Мои доводы проносятся мимо его ушей, мои предположения, что Кшинскую отравили намеренно, тоже. Видит Бог, я пытаюсь быть деликатным и вежливым, но это светило медицины не оставляет мне выбора. Годы работы на Горского не прошли для меня даром, и спустя пятнадцать минут я все же выхожу из кабинета, держа под мышкой копию медицинской карты мелкой.
Арину я застаю на парковке возле машины. Она стоит под моросящим дождем и смотрит в пустоту. На ногах разодранные бахилы. На щеках прилипшие пряди мокрых волос. Потерянная. Разочарованная. Мрачная. Подхожу ближе, почти вплотную, но она не замечает меня. Не чувствует, что вымокла насквозь, а ее тело колотит мелкой дрожью.
— Арина, — бормочу сдавленно, освобождая ее лицо от непослушных волос. — Что случилось?
— Не твое дело, — ледяным шепотом выдыхает Кшинская, а затем опаляет меня презрительным взглядом. В нем столько боли и неприкрытой ненависти, что становится жутко. — В следующий раз, когда тебе приспичит в больницу по своим личным вопросам, пожалуйста, делай это в нерабочее время. Поехали! Мне осточертело тебя ждать!
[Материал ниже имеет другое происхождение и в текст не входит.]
// Which operations are those on atoms, how one begins, and what is told of it.
ghost use Rattle.std.specs.Prelude.{◌≡◌, false, None, IsTrue};
ghost use Rattle.op_atoms.specs.Answers.{is_atomic as is_atomic_number, is_operator as is_operator_number, is_function as is_function_number, is_method as is_method_number};
ghost use Rattle.op_atoms.specs.Telling.{IsTold};
ghost use Rattle.py_model.specs.Quiet.{may_ask};

use crate::Atomic;
use op_work::{Stop, Work};
use prov_base::Memory;
use py_model::Answer;
use py_value::Value;

// Whether the operation with this number is one on atoms.
#[tactic(auto, using(crate::proofs::Quieting::atomic_asks_nothing))]
pub(crate) fn is_atomic(no: u8) -> bool
    ensures atomic { result ≡ is_atomic_number no }
    ensures quiet { IsTrue result → may_ask no ≡ false }
{
    is_operator(no) || is_function(no) || is_method(no)
}

// Whether the number is that of one of these operators and displays.
fn is_operator(no: u8) -> bool
    ensures { result ≡ is_operator_number no }
{
    no == 0 || (2 <= no && no <= 22) || (25 <= no && no <= 27)
}

// Whether the number is that of one of these functions.
fn is_function(no: u8) -> bool
    ensures { result ≡ is_function_number no }
{
    (50 <= no && no <= 52)
        || (56 <= no && no <= 58)
        || (60 <= no && no <= 61)
        || no == 63
        || (65 <= no && no <= 66)
        || (68 <= no && no <= 70)
}

// Whether the number is that of one of these methods.
fn is_method(no: u8) -> bool
    ensures { result ≡ is_method_number no }
{
    (91 <= no && no <= 93) || (95 <= no && no <= 104)
}

// An operation begins, with as many steps as can be counted.
pub(crate) fn begin(work: &mut Work)
    ensures fresh { work.new.made ≡ None }
    ensures unsaid { work.new.note ≡ None }
    ensures store { work.new.store ≡ work.old.store }
    ensures values { work.new.values ≡ work.old.values }
{
    let _ = work.begin(u32::MAX);
}

// What is told of an operation that came to its end or stopped.
pub(crate) fn told(came: Result<Answer, Stop>) -> Result<Atomic, Memory>
    ensures { IsTold came result }
{
    match came {
        Ok(Answer::Value(v)) => Ok(Atomic::Gives(v)),
        Err(Stop::Raises(class, Value::Text(text))) => Ok(Atomic::Raises(class, text)),
        _ => Err(Memory),
    }
}
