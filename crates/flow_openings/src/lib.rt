//! How statements begin, and what they have: their first expression, their suite, their handlers and their tests. It stands on the frames of
//! `flow_frames` and on the augmented assignments of `flow_targets`; what follows a value is in `flow_stages`.
//!
//! An opening says that the frames mean what the statement means (`specs/Opening.antt`). A test says so of how an `if`, a `while` and an assertion go
//! on with a test, with its value, and with the answer whether that is true.
#![tactic(auto)]

mod forms;
mod opening;
mod testing;

pub use forms::{bound_in, handler_in, suite_in};
pub use opening::opened;
pub use testing::{answered, test_opened, tested};
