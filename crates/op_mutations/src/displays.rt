// The display of a dictionary.
ghost use Rattle.std.specs.Prelude.{◌≡◌, [], None, map};
ghost use Rattle.op_mutations.specs.Pairs.{ArePairs, pairs_behind, pairs_seen};
ghost use Rattle.op_lists.specs.ValuesSeen.{values_seen};
ghost use Rattle.op_work.specs.Work.{Comes, Ends};
ghost use Rattle.py_model.specs.Dicts.{dict_display as display_plan};
ghost use Rattle.py_value.specs.Contents.{contents};
ghost use Rattle.py_value.specs.Values.{AreNamed};

use crate::making::new_dict;
use crate::pairs::{Pair, put_value};
use op_work::{Exception, Stop, Work};
use py_model::Answer;
use py_value::{
    Value, contents_stay, equality_is_same, same_key_same_normal_contents, tests_are_equality,
};
use std::alloc::Global;

// The distinct keys of a display, each tested, with the first form and the last value of each.
fn display_pairs(work: &mut Work, alloc: Global, operands: &[Value]) -> Result<Vec<Pair>, Stop>
    requires { AreNamed work.old.values operands.now }
    ensures { Comes (λ values ps. ArePairs values ps.items) (λ table ps. pairs_seen table ps.items) (λ table. pairs_behind (values_seen table operands.now) []) work.old work.new result }
{
    contents_stay();
    equality_is_same();
    same_key_same_normal_contents();
    tests_are_equality();
    let mut pairs = Vec::new(alloc);
    for i in 0..operands.len() / 2 {
        let _ = work.values();
        let key = work.key_of(alloc, operands[2 * i])?;
        let _ = work.values();
        put_value(&mut pairs, key, operands[2 * i], operands[2 * i + 1])?;
    }
    if operands.len() % 2 != 0 {
        return Err(work.fault(alloc, Exception::TypeError, "wrong number of arguments"));
    }
    Ok(pairs)
}

/// A dictionary display (24), key and value in turn: the dictionary of its distinct keys.
pub fn dict_display(work: &mut Work, alloc: Global, operands: &[Value]) -> Result<Answer, Stop>
    requires named { AreNamed work.old.values operands.now }
    requires fresh { work.old.made ≡ None }
    ensures { Ends (λ table. display_plan (map (contents table) operands.now)) work.old work.new result }
{
    let pairs = display_pairs(work, alloc, operands)?;
    new_dict(work, alloc, pairs.as_slice())
}
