// Items that are put into a list.
ghost use Rattle.std.specs.Prelude.{◌≡◌, ◌<◌, ◌≤◌, ◌-◌, suc, None, length, map};
ghost use Rattle.object_store.specs.Store.{count_with};
ghost use Rattle.op_work.specs.Work.{Ends, WroteAll};
ghost use Rattle.py_model.specs.Lists.{append as append_plan, insert as insert_plan, insert_item as insert_item_plan, move_up as up_plan};
ghost use Rattle.py_model.specs.Plan.{write, done};
ghost use Rattle.py_value.specs.Contents.{contents, nothing};
ghost use Rattle.py_value.specs.Seen.{item_at, item_is, len_at, len_is};
ghost use Rattle.py_value.specs.Values.{IsNamed, AreNamed};

use crate::moving::move_up;
use op_joins::list_operand;
use op_lists::{append_to, clipped, first_object, index};
use op_work::{Exception, Stop, Work};
use py_model::Answer;
use py_value::{Content, Location, Value};
use std::alloc::Global;

/// `l.append(v)` (80): the item is set behind the others of a list.
pub fn append(work: &mut Work, alloc: Global, operands: &[Value]) -> Result<Answer, Stop>
    requires named { AreNamed work.old.values operands.now }
    requires fresh { work.old.made ≡ None }
    ensures { Ends (λ table. append_plan (map (contents table) operands.now)) work.old work.new result }
{
    let Some(o) = first_object(operands) else {
        return Err(work.fault(alloc, Exception::TypeError, "wrong kind of value"));
    };
    if operands.len() != 2 {
        return Err(work.fault(alloc, Exception::TypeError, "wrong number of arguments"));
    }
    append_to(work, alloc, o, operands[1])
}

// An item is set at a place among so many, behind which each item moves up, and then the length.
fn put_at(
    work: &mut Work,
    alloc: Global,
    o: u32,
    n: u64,
    p: u64,
    item: Value,
) -> Result<Answer, Stop>
    requires place { p ≤ n }
    requires named { IsNamed work.old.values item }
    requires within { o < count_with work.old.made work.old.store }
    ensures { WroteAll (λ table. up_plan (n - p) o p (write (item_at o p) (item_is (contents table item)) (write (len_at o) (len_is (suc n)) (done nothing)))) work.old work.new result }
{
    let Some(longer) = n.checked_add(1) else {
        return Err(Stop::Memory);
    };
    move_up(work, alloc, n - p, o, p)?;
    work.set(Location::Item(o, p), Content::Item(item))?;
    work.set(Location::Len(o), Content::Len(longer))?;
    Ok(Answer::Value(Value::None))
}

// An item is put into a list at an index.
fn insert_item(work: &mut Work, alloc: Global, o: u32, item: Value, i: i64) -> Result<Answer, Stop>
    requires named { IsNamed work.old.values item }
    requires within { o < length work.old.store.objects }
    requires fresh { work.old.made ≡ None }
    ensures { Ends (λ table. insert_item_plan o (contents table item) i) work.old work.new result }
{
    let n = work.read_len(o)?;
    let p = clipped(i, n);
    put_at(work, alloc, o, n, p, item)
}

/// `l.insert(i, v)` (82): the item is set at an index, and each item from there on moves up. An index past an end is that end.
pub fn insert(work: &mut Work, alloc: Global, operands: &[Value]) -> Result<Answer, Stop>
    requires named { AreNamed work.old.values operands.now }
    requires fresh { work.old.made ≡ None }
    ensures { Ends (λ table. insert_plan (map (contents table) operands.now)) work.old work.new result }
{
    let o = list_operand(work, alloc, operands, 3)?;
    let i = index(work, alloc, operands[1])?;
    insert_item(work, alloc, o, operands[2], i)
}
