// Items of a list that move one place.
ghost use Rattle.std.specs.Prelude.{◌<◌, ◌+◌, ◌^◌};
ghost use Rattle.object_store.specs.Store.{count_with};
ghost use Rattle.op_work.specs.Work.{Wrote};
ghost use Rattle.py_model.specs.Lists.{move_up as up_plan, move_down as down_plan};

use op_work::{Stop, Work};
use std::alloc::Global;

/// So many items from a place on move one place up.
pub(crate) fn move_up(work: &mut Work, alloc: Global, n: u64, o: u32, p: u64) -> Result<(), Stop>
    requires within { o < count_with work.old.made work.old.store }
    requires few { p + n < 2 ^ 64 }
    ensures { Wrote (λ table. up_plan n o p) work.old work.new result }
{
    for i in 0..n {
        work.move_item(alloc, o, p + i, p + i + 1)?;
    }
    Ok(())
}

/// So many items behind a place move one place down.
pub(crate) fn move_down(work: &mut Work, alloc: Global, n: u64, o: u32, p: u64) -> Result<(), Stop>
    requires within { o < count_with work.old.made work.old.store }
    requires few { p + n < 2 ^ 64 }
    ensures { Wrote (λ table. down_plan n o p) work.old work.new result }
{
    for i in 0..n {
        work.move_item(alloc, o, p + i + 1, p + i)?;
    }
    Ok(())
}
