// What an operation on atoms answers.
use py_value::Value;

/// What an operation on atoms answers.
#[derive(Clone, Copy, Debug)]
pub enum Atomic {
    /// This value.
    Gives(Value),
    /// It raises the exception of this class of the language, by its number, with this text, by its number.
    Raises(u64, u32),
    /// It is no operation on atoms, or an operand is none.
    NotAtomic,
}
В такт ударяющим по лобовому каплям дождя барабаню пальцами по рулю, но трогаться с места не спешу, глазами пожирая мелкую, что следит за извилистыми ручейками на стекле и упорно молчит.
Воздух в салоне накаляется с дикой скоростью, и я, если честно, не уверен отчего больше: работающего на всю мощность климат-контроля или напряжения, повисшего между мной и Риной.
— Давай поговорим, — не выдерживаю первым.
Я хотел не так, не здесь, не с таким настроением, но если снова промолчу, то точно потеряю Кшинскую.
— О чём? — отзывается мелкая, пальцами скользя по стеклу за проворными каплями дождя.
— О нас.
— Нет никаких нас, Лерой, — печально улыбается краешком губ.
— Давай сделаем так, чтобы были, — пожимаю плечами. — Что нам мешает?
Арина на мгновение отрывается от окна и бросает на меня удивлённый взгляд, словно я произнёс несусветную чушь.
— Арин, — хочу сказать, как много она для меня значит, но девчонка вновь разрывает зрительный контакт и, обхватив лицо руками, начинает реветь.
Затыкаюсь, совершенно не понимая, что происходит, а затем в одно мгновение пересаживаюсь назад и притягиваю глупышку к себе: смотреть на её слёзы выше моих сил. Утыкаюсь носом в макушку, вдыхая ставший таким родным аромат жасмина, приправленный свежестью дождя, и прижимаю всхлипывающее тело девчонки всё ближе. Так правильно! Именно так и должно быть!